== Try it ==
Your answer should be the exact lines of the data below from the one containing "λ p. record" through the one containing "IfOk came (IsOwnAnswer"; please include nothing else.
Top of Source data
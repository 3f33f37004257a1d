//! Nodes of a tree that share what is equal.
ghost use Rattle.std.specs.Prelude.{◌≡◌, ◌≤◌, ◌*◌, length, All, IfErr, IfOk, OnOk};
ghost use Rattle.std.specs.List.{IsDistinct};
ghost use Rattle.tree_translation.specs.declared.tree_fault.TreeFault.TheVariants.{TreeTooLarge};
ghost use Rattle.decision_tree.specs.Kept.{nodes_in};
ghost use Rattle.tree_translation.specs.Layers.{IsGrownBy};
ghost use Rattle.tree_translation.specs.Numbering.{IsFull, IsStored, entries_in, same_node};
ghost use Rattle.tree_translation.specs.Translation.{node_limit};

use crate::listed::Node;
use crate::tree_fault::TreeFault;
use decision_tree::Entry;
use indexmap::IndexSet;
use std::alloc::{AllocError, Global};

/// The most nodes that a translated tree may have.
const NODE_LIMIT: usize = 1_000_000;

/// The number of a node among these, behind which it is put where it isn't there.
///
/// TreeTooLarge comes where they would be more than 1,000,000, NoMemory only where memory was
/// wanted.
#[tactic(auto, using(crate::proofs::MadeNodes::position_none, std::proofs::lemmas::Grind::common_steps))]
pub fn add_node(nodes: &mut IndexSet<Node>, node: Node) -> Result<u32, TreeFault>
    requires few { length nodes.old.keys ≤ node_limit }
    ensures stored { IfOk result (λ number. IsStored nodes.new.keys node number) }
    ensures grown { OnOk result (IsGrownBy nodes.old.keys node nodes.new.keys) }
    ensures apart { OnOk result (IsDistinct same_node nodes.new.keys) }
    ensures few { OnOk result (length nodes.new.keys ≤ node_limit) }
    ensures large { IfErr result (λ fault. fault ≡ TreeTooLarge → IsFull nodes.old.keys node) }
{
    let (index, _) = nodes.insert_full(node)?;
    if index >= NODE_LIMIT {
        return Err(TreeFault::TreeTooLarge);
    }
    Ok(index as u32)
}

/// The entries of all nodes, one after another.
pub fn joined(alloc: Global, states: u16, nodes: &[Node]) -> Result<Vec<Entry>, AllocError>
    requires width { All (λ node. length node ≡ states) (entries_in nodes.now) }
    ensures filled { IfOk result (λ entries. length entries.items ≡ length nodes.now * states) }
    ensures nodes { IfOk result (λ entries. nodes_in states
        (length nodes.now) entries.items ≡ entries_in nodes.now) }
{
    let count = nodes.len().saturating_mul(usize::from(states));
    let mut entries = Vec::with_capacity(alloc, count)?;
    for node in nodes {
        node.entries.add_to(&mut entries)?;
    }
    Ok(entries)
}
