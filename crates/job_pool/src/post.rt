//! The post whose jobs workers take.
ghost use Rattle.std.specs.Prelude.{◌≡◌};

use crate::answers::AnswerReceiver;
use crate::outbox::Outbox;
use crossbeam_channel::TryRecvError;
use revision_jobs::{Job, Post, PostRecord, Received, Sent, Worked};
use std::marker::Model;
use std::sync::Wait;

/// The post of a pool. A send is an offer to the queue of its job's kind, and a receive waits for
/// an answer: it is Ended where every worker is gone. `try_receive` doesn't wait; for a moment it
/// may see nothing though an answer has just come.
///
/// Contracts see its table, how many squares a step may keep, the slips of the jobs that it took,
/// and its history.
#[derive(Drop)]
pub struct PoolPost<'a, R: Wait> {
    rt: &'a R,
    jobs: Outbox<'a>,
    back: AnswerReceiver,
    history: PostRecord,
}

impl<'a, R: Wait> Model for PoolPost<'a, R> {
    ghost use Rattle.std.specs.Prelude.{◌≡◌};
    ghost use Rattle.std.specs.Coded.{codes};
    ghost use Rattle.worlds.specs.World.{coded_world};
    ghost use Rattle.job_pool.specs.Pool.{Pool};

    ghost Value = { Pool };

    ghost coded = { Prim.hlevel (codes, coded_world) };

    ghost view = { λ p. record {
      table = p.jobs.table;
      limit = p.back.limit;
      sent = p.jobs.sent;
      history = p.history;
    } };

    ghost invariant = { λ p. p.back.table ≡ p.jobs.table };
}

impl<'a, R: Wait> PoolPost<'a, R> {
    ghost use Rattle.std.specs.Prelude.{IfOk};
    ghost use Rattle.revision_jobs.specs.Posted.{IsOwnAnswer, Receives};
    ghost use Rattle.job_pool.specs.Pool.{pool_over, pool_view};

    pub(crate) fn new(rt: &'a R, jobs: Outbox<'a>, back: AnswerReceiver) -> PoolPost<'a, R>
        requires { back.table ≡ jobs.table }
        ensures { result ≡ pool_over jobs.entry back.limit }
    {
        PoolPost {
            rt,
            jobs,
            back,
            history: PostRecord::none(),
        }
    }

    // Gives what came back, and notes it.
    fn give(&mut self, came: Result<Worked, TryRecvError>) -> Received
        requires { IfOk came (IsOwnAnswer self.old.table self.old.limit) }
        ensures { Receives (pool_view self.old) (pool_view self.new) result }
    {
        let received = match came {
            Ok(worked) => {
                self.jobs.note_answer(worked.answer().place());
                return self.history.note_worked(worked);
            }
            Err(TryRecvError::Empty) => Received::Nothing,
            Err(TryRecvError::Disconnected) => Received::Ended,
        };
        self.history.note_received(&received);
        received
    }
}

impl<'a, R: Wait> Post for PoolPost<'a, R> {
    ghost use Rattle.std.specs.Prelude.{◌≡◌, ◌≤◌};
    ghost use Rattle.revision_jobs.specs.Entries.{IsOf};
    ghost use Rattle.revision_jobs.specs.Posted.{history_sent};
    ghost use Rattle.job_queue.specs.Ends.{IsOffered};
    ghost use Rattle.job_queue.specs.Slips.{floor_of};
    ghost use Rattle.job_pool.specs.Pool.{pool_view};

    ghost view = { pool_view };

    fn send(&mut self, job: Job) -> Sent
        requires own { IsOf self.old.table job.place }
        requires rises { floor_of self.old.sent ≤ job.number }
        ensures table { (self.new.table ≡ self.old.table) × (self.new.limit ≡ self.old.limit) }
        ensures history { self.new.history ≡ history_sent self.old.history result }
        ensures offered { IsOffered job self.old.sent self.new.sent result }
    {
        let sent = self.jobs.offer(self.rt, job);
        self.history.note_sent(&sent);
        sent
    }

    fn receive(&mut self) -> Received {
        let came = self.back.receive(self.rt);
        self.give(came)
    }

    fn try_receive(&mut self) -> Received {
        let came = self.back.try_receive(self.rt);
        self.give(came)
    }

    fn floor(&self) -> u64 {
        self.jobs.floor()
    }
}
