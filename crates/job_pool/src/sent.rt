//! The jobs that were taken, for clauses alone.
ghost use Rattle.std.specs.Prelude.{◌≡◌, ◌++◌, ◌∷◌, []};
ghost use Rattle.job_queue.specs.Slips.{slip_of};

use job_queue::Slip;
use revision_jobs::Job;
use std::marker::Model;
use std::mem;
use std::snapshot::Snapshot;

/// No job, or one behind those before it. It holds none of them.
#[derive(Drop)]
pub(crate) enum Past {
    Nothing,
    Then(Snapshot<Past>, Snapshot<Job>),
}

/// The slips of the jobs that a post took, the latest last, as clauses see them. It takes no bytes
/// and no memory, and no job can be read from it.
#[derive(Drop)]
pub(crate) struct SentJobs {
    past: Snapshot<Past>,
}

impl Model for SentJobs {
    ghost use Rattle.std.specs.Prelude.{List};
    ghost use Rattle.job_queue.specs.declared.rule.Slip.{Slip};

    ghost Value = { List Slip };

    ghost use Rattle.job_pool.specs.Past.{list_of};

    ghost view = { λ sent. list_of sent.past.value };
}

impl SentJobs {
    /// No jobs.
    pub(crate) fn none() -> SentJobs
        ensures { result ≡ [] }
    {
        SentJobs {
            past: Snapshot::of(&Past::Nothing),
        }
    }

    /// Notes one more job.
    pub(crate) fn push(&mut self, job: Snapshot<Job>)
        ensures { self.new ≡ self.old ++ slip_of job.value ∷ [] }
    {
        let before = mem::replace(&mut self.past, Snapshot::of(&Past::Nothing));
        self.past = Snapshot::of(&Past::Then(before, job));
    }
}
Bottom of Source data
Top of Source data
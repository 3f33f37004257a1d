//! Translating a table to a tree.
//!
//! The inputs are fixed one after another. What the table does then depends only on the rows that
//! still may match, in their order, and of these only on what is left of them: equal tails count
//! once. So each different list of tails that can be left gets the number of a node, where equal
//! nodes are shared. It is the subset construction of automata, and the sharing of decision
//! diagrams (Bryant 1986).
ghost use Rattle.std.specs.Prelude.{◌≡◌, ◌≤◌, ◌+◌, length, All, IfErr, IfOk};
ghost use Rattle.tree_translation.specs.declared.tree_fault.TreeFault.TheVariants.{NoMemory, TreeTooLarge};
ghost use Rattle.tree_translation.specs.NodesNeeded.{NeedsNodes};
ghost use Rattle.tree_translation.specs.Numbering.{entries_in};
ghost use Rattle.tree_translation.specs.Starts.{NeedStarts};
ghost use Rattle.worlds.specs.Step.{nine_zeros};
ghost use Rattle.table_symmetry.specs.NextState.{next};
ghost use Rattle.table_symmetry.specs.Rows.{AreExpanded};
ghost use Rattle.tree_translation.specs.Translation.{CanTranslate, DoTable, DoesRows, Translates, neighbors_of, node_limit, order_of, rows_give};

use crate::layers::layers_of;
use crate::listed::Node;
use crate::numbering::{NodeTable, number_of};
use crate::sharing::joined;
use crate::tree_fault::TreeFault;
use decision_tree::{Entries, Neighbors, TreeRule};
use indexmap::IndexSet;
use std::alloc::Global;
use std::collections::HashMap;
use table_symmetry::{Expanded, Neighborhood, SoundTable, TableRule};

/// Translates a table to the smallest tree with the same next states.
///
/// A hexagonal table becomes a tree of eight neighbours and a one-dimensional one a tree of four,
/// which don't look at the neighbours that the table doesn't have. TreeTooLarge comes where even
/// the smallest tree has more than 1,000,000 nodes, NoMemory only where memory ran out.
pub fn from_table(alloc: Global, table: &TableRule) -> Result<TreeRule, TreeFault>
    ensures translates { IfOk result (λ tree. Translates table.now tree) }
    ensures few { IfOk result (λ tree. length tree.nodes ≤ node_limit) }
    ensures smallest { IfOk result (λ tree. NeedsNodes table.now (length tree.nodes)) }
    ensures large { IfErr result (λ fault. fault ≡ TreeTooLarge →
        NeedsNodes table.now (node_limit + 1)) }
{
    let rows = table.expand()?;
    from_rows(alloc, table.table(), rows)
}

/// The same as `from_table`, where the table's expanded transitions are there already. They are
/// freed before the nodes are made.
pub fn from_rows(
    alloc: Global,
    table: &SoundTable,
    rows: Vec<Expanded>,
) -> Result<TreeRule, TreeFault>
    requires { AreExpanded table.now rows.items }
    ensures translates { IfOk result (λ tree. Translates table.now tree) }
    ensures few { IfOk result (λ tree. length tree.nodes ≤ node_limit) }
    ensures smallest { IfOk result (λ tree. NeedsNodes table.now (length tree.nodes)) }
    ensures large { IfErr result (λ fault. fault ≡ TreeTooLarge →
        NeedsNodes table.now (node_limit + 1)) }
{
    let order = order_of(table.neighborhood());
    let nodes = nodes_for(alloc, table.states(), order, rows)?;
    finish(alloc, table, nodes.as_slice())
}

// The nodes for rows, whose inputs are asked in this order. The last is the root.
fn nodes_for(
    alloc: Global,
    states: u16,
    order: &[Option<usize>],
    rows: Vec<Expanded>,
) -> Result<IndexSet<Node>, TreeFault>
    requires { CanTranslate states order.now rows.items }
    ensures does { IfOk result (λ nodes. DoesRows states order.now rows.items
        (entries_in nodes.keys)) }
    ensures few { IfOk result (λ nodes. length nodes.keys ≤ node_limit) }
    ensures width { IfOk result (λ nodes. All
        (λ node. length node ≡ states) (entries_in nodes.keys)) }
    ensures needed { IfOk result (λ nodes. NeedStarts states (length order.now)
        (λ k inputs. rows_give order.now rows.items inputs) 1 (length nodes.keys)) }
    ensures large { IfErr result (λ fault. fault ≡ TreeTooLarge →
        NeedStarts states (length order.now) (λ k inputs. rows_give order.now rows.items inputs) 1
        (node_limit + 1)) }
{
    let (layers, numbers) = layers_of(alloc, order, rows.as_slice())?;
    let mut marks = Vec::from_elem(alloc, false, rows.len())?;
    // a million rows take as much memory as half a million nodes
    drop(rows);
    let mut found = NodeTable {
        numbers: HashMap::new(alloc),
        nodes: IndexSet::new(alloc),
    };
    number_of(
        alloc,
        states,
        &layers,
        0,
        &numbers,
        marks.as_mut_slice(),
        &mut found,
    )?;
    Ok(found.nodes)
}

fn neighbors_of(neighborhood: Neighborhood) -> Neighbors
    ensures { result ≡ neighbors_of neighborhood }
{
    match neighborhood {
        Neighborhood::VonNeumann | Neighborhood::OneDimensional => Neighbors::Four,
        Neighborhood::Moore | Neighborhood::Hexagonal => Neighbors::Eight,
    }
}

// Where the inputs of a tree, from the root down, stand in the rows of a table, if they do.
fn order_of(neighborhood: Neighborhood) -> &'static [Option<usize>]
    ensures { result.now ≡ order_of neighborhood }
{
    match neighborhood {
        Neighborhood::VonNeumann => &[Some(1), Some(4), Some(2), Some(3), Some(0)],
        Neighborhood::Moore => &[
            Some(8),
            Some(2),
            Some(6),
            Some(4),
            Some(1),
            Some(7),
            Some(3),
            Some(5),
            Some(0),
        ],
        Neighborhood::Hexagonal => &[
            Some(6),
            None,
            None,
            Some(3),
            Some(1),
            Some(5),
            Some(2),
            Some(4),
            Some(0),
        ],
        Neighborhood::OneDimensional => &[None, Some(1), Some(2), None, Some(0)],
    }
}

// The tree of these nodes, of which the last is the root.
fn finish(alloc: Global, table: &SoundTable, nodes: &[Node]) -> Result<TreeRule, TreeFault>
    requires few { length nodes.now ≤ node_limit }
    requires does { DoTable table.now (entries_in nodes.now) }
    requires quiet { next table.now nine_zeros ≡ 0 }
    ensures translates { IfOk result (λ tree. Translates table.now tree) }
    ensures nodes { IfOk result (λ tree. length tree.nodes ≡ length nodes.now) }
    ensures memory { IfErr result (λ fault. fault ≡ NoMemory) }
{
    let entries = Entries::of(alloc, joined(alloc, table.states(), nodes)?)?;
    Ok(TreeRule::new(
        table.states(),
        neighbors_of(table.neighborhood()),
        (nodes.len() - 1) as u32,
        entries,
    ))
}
Bottom of Source data
== Problem solution ==
    ghost view = { λ p. record {
      table = p.jobs.table;
      limit = p.back.limit;
      sent = p.jobs.sent;
      history = p.history;
    } };

    ghost invariant = { λ p. p.back.table ≡ p.jobs.table };
}

impl<'a, R: Wait> PoolPost<'a, R> {
    ghost use Rattle.std.specs.Prelude.{IfOk};
    ghost use Rattle.revision_jobs.specs.Posted.{IsOwnAnswer, Receives};
    ghost use Rattle.job_pool.specs.Pool.{pool_over, pool_view};

    pub(crate) fn new(rt: &'a R, jobs: Outbox<'a>, back: AnswerReceiver) -> PoolPost<'a, R>
        requires { back.table ≡ jobs.table }
        ensures { result ≡ pool_over jobs.entry back.limit }
    {
        PoolPost {
            rt,
            jobs,
            back,
            history: PostRecord::none(),
        }
    }

    // Gives what came back, and notes it.
    fn give(&mut self, came: Result<Worked, TryRecvError>) -> Received
        requires { IfOk came (IsOwnAnswer self.old.table self.old.limit) }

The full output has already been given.